「合併は10年、20年の間に風化して忘れられるでしょうが、今この際、山間部の生活改善を強く訴えないと、永く住んでいく者にとっては後悔を残すと思います」
「町や議員が考えるのではなく、われわれ一般町民が考え、行動を起こさなければ駄目だ」−。
大山町自治振興会連合会が4月に創刊し、町民に配った「合併問題かわら版」第1号に、こんな文章が寄せられていた。
大山町は、富山市など他の6市町村と合併して40万人規模の新市を目指す。期日はあと2年。かわら版は、連合会の「活気あるまちづくり委員会」が、町民の一番の関心事をタイムリーに伝えようと発行した。
「人から押しつけられた合併でなく、みんなで考えていこうと…。そうでなければ発展はありません」。連合会長の山岸昭文さん(64)=大山町東福沢=は、A4版12ページの冊子をそっと広げ、発行の狙いを語った。

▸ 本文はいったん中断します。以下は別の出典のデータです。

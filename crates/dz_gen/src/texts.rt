//! Names and lines.
ghost use Rattle.std.specs.Prelude.{◌≡◌, ◌++◌, IfOk, OnOk, drop, codes};
ghost use Rattle.dz_gen.specs.Texts.{numbered, named, IsSpelled, take_line, transfer, ask_line};

use dz_name::Name;
use itoa::Buffer;
use std::alloc::{AllocError, Global};

/// A number as four decimal digits between texts.
pub(crate) fn numbered(
    alloc: Global,
    before: &[u8],
    k: u16,
    behind: &[u8],
) -> Result<Vec<u8>, AllocError>
    ensures { IfOk result (λ text. text.items ≡ numbered before.now k behind.now) }
{
    let mut buffer = Buffer::new();
    let digits = buffer.format(k).as_bytes();
    let mut text = before.to_vec(alloc)?;
    text.extend_from_slice(zeros_before(digits.len()))?;
    text.extend_from_slice(digits)?;
    text.extend_from_slice(behind)?;
    Ok(text)
}

/// The zeros before this many digits of four.
fn zeros_before(count: usize) -> &'static [u8]
    ensures { result.now ≡ drop count (codes "0000") }
{
    let zeros: &[u8] = b"0000";
    zeros.get(count..).unwrap_or(&[])
}

/// The name that a text spells.
pub(crate) fn named(text: &[u8]) -> Name
    requires { IsSpelled text.now }
    ensures { result ≡ named text.now }
{
    match Name::parse(text) {
        Ok(name) => name,
        Err(_) => unreachable!(),
    }
}

/// A job is asked for at a moment, and gets octets.
pub(crate) fn put_transfer(
    alloc: Global,
    out: &mut Vec<u8>,
    moment: &[u8],
    ticket: u16,
    octets: &[u8],
) -> Result<(), AllocError>
    ensures { OnOk result (out.new.items ≡ out.old.items ++ transfer moment.now ticket octets.now) }
{
    out.extend_from_slice(moment)?;
    out.extend_from_slice(b" job\n")?;
    put_take(alloc, out, moment, ticket, octets)
}

/// A job gets octets.
fn put_take(
    alloc: Global,
    out: &mut Vec<u8>,
    moment: &[u8],
    ticket: u16,
    octets: &[u8],
) -> Result<(), AllocError>
    ensures { OnOk result (out.new.items
        ≡ out.old.items ++ take_line moment.now ticket octets.now) }
{
    let mut buffer = Buffer::new();
    let hex = hex::encode(alloc, octets)?;
    out.extend_from_slice(moment)?;
    out.extend_from_slice(b" take ")?;
    out.extend_from_slice(buffer.format(ticket).as_bytes())?;
    out.extend_from_slice(b" ")?;
    out.extend_from_slice(hex.as_bytes())?;
    out.extend_from_slice(b"\n")
}

/// A request comes over UDP at a moment.
pub(crate) fn put_ask(
    alloc: Global,
    out: &mut Vec<u8>,
    moment: &[u8],
    octets: &[u8],
) -> Result<(), AllocError>
    ensures { OnOk result (out.new.items ≡ out.old.items ++ ask_line moment.now octets.now) }
{
    let hex = hex::encode(alloc, octets)?;
    out.extend_from_slice(moment)?;
    out.extend_from_slice(b" udp 198.51.100.1 ")?;
    out.extend_from_slice(hex.as_bytes())?;
    out.extend_from_slice(b"\n")
}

第1号には合併に描く夢から、国や地方が抱える財政問題への不安、反対論まで、さまざまな意見を載せた。町内7つの自治振興会で集めた住民たちの生の声だ。合併で周辺地域になる住民の心情や、衰退していく地域コミュニティーへの郷愁をつづった文章もある。
「かわら版を2号、3号と続け、住民に情報を送っていきたい」。そう力を込める山岸さんも、合併後の自治振興会のあり方を考えると、不安がよぎるという。